Organized by poets Tom Devaney and Frank Sherlock (TPS) new poetry weekend will be hosted by poets CAConrad, Greg Fuchs, Mytili Jagannathan, Chris McCreary, Molly Russakoff, Jennifer Snead, and Magdalena Zurawski.
CA Conrad is a Philadelphia poet who co-edits FREQUENCY Audio Journal with Magdalena Zurawski, he also edits BANJO: Poets Talking, and 9for9 which will get its first live panel discussion at this festival. His book advanceELVIScourse is forthcoming from Buck Downs Books, DEVIANT PROPULSION is forthcoming from Soft Skull Press, and FRANK is forthcoming from the Jargon Society. You can visit his poetry webpage here and he wants us all to remember the words of a great Philadelphian, "THOSE WHO GIVE UP ESSENTIAL LIBERTY TO PURCHASE A LITTLE TEMPORARY SAFETY DESERVE NEITHER LIBERTY NOR SAFETY." --Benjamin Franklin
Tom Devaney is the author of The American Pragmatist Fell in Love (Banshee Press).

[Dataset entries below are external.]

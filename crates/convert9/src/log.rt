//! A capture of a two-port serial log, each line of which has a stamp, a port and bytes, parted by blanks:
//!
//! ```text
//! 0.000426 COM3 20 01 21
//! 2024-03-01 12:34:56.789012 COM3 20 01 21
//! ```
//!
//! The line's time is that of its first byte. Each next byte of the line is taken to come 287 microseconds later, one byte's time on the
//! wire, but not later than the next line. Bytes of the same time stay in the order of the log.
//!
//! A log that is converted live is one that grows: the bytes of a line are written once the next line was read, and memory does not grow
//! with the log. What is written can't be taken back, so no line may have an earlier time than the line before.

mod calendar;
mod fields;
mod sink;
mod stamps;
mod times;

use crate::digits::byte_of;
use crate::fault::{ConvertFault, refused_words};
use crate::kept::Kept;
use crate::lines::{Line, Lines};
use crate::range::TimeRange;
use capture9::Wire;
use fields::{Fields, fields_of, is_blank};
use sink::{AtOnce, AtTheEnd, TakesBytes};
use stamps::{LineFault, Stamps, Unit};
use std::alloc::Global;
use std::io::{Read, Write};
pub use times::Notice;
use times::Times;

/// How long a byte takes on the wire, in microseconds: eleven bits at 38,400 baud.
const BYTE_US: i64 = 287;

/// What the words say of a serial log, as they stand. An empty word says nothing.
#[derive(Clone, Copy)]
pub struct LogWords<'a> {
    /// The controller's port, as the log names it.
    pub controller: Option<&'a [u8]>,
    /// The deck's port, which is another.
    pub deck: Option<&'a [u8]>,
    /// What a stamp counts that is a counter: `ms` or `us`. None where stamps are seconds, clocks, or dates and clocks.
    pub unit: Option<&'a [u8]>,
    /// Whether to write the bytes of a line as soon as the next line was read.
    pub live: bool,
    /// The first time that is converted, in seconds on the log's own clock.
    pub from: Option<&'a [u8]>,
    /// The time from which on nothing is converted.
    pub to: Option<&'a [u8]>,
}

/// What the words ask for, where nothing is wrong with them.
#[derive(Clone, Copy)]
struct Asked<'a> {
    controller: &'a [u8],
    deck: &'a [u8],
    unit: Option<Unit>,
    is_live: bool,
    range: TimeRange,
}

/// The line whose bytes may not pass the time of the next one. Its number is 0 where no line was read.
#[derive(Drop)]
struct Waiting {
    alloc: Global,
    number: u64,
    text: Vec<u8>,
    time_us: i64,
}

/// What was read of a log.
#[derive(Drop)]
struct Log {
    stamps: Stamps,
    times: Times,
    waiting: Waiting,
}

/// Reads a serial log, and writes the capture. Answers what there is to say of the log's times.
///
/// Where the log is refused nothing is written. Converted live, the rows before what is refused stay written.
pub fn convert_log<R: Read + Drop, W: Write + Drop>(
    alloc: Global,
    reader: R,
    writer: W,
    words: LogWords<'_>,
) -> Result<Option<Notice>, ConvertFault> {
    let asked = asked_by(alloc, words)?;
    if asked.is_live {
        convert_into(alloc, reader, asked, AtOnce::of(writer))
    } else {
        convert_into(alloc, reader, asked, AtTheEnd::of(alloc, writer))
    }
}

/// What the words ask for.
fn asked_by<'a>(alloc: Global, words: LogWords<'a>) -> Result<Asked<'a>, ConvertFault> {
    let controller = words.controller.unwrap_or(b"");
    let deck = words.deck.unwrap_or(b"");
    if controller.is_empty() || deck.is_empty() {
        return Err(refused_words(alloc, 0, "--controller PORT or --deck PORT is missing", b""));
    }
    if controller == deck {
        return Err(refused_words(alloc, 0, "--controller and --deck are the same port", b""));
    }
    let unit = match words.unit {
        None | Some(b"") => None,
        Some(b"ms") => Some(Unit::Milliseconds),
        Some(b"us") => Some(Unit::Microseconds),
        Some(unit) => return Err(refused_words(alloc, 0, "--unit has to be ms or us: ", unit)),
    };
    let range = match TimeRange::named(words.from, words.to) {
        Ok(range) => range,
        Err(wrong) => return Err(refused_words(alloc, 0, wrong, b"")),
    };
    Ok(Asked {
        controller,
        deck,
        unit,
        is_live: words.live,
        range,
    })
}

/// Reads a log, whose bytes go to this sink.
fn convert_into<R: Read + Drop, S: TakesBytes>(
    alloc: Global,
    reader: R,
    asked: Asked<'_>,
    mut sink: S,
) -> Result<Option<Notice>, ConvertFault> {
    let mut log = Log::new(alloc);
    let mut lines = Lines::of(alloc, reader)?;
    for _ in 0..u64::MAX {
        if !lines.read_next()? {
            break;
        }
        log.take(lines.line(), asked, &mut sink)?;
    }
    log.waiting.put(asked, None, &mut sink)?;
    sink.end(lines.line(), asked.range)?;
    Ok(log.times.notice(asked.unit.is_some()))
}

impl Log {
    /// Before the first line.
    fn new(alloc: Global) -> Log {
        Log {
            stamps: Stamps::new(),
            times: Times::new(),
            waiting: Waiting {
                alloc,
                number: 0,
                text: Vec::new(alloc),
                time_us: 0,
            },
        }
    }

    /// Takes the next line: it waits, and the line that waited is put. Where the next line is refused, that one is put only live, as the
    /// last one of a log is.
    fn take<S: TakesBytes>(
        &mut self,
        line: Line<'_>,
        asked: Asked<'_>,
        sink: &mut S,
    ) -> Result<(), ConvertFault> {
        match self.time_of(line, asked) {
            Ok(time_us) => {
                self.waiting.put(asked, Some(time_us), sink)?;
                self.waiting.become_line(line, time_us)
            }
            Err(fault) => {
                if asked.is_live {
                    self.waiting.put(asked, None, sink)?;
                }
                Err(line.refused(fault.text()))
            }
        }
    }

    /// The time of the next line.
    fn time_of(&mut self, line: Line<'_>, asked: Asked<'_>) -> Result<i64, LineFault> {
        let Some(fields) = fields_of(line.text) else {
            return Err(LineFault::Unknown);
        };
        let time_us = self.stamps.read(fields.stamp, asked.unit)?;
        let before_us = self.waiting.time();
        self.times
            .count(time_us, before_us, fields.stamp.has_point());
        if asked.is_live && before_us.is_some_and(|before_us| time_us < before_us) {
            return Err(LineFault::Earlier);
        }
        Ok(time_us)
    }
}

impl Waiting {
    /// The time of the line that waits.
    fn time(&self) -> Option<i64> {
        (self.number > 0).then_some(self.time_us)
    }

    /// Lets another line wait in place of the one before.
    fn become_line(&mut self, line: Line<'_>, time_us: i64) -> Result<(), ConvertFault> {
        self.text.clear();
        self.text.extend_from_slice(line.text)?;
        self.number = line.number;
        self.time_us = time_us;
        Ok(())
    }

    /// Puts the bytes of the line that waits, if one does. What was put before a refusal stays.
    fn put<S: TakesBytes>(
        &self,
        asked: Asked<'_>,
        next_us: Option<i64>,
        sink: &mut S,
    ) -> Result<(), ConvertFault> {
        let line = Line {
            alloc: self.alloc,
            number: self.number,
            text: self.text.as_slice(),
        };
        let Some(fields) = fields_of(line.text) else {
            return Ok(());
        };
        // In a log of one port after the other there is a next line of an earlier time, which has no say.
        let last_us = match next_us {
            Some(next_us) if next_us >= self.time_us => next_us,
            _ => i64::MAX,
        };
        let put = put_bytes(line, fields, asked, self.time_us, last_us, sink);
        let ended = sink.end_line();
        put?;
        ended
    }
}

/// Puts the bytes of a line that lie in the range, the first one at the line's time, and none after the last one.
fn put_bytes<S: TakesBytes>(
    line: Line<'_>,
    fields: Fields<'_>,
    asked: Asked<'_>,
    first_us: i64,
    last_us: i64,
    sink: &mut S,
) -> Result<(), ConvertFault> {
    let mut time_us = first_us;
    for field in fields
        .bytes
        .split(|byte| is_blank(*byte))
        .filter(|field| !field.is_empty())
    {
        let byte_us = time_us.min(last_us);
        if asked.range.holds(byte_us) {
            let wire = wire_of(line, fields.port, asked)?;
            let Some(byte) = byte_of(field) else {
                return Err(line.refused("no byte of two hexadecimal digits: "));
            };
            sink.take(line, byte_us, wire, byte)?;
        }
        time_us = time_us.saturating_add(BYTE_US);
    }
    Ok(())
}

/// The wire that a port is at.
fn wire_of(line: Line<'_>, port: &[u8], asked: Asked<'_>) -> Result<Wire, ConvertFault> {
    if port == asked.controller {
        Ok(Wire::Controller)
    } else if port == asked.deck {
        Ok(Wire::Deck)
    } else {
        Err(line.refused("neither the controller's port nor the deck's: "))
    }
}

He teaches creative writing at the University of Pennsylvania where he is coordinator of the Kelly Writers House. He also produces the monthly radio show "LIVE" on 88.5-FM, WXPN. Devaney is a regular free-lance writer for The Philadelphia Inquirer and for the past two years he has helped to plan the 2-1-5 festival. A Temple grad, Devaney recently moved back to Philadelphia from New York City where he lived from 1996 to 2001 and studied with Allen Ginsberg taking his MFA in Creative Writing at Brooklyn College (CUNY). Since 1995 he has continued to work with The Lost Art of Puppet Theater and the Animated Neck & Stars collective.
Greg Fuchs is a photographer and writer living in New York City. He is the author of Came Like It Went, New Orleans Xmas, and Uma Ternura. He currently has an exhibition of his photography at Soho Letterpress.
Mytili Jagannathan's words have appeared in Rattapallax, Combo, Interlope, 9for9, Mirage#4/Period[ical], and Xcp: Cross-Cultural Poetics. Her awards include an Emerging Artist grant from the Leeway Foundation and a Pew Fellowship in the Arts. She lives in Philadelphia and frequents the Asian Arts Initiative.
Chris McCreary is co-editor of ixnay press and author of The Effacements (Singing Horse). His reviews and interviews have recently appeared in Drexel Online Journal, Rain Taxi, and Review of Contemporary Fiction.
Molly Russakoff was teaching assistant at The Jack Kerouac School of Disembodied Poetics at Naropa Institute in 1977 and 1978. She was the recipient of a Pew Fellowship for poetry in 1994. She currently owns and operates Molly's Cafe & Bookstore in the Italian Market. She is also an editor of Joss magazine and poetry editor of The Philadelphia Independent.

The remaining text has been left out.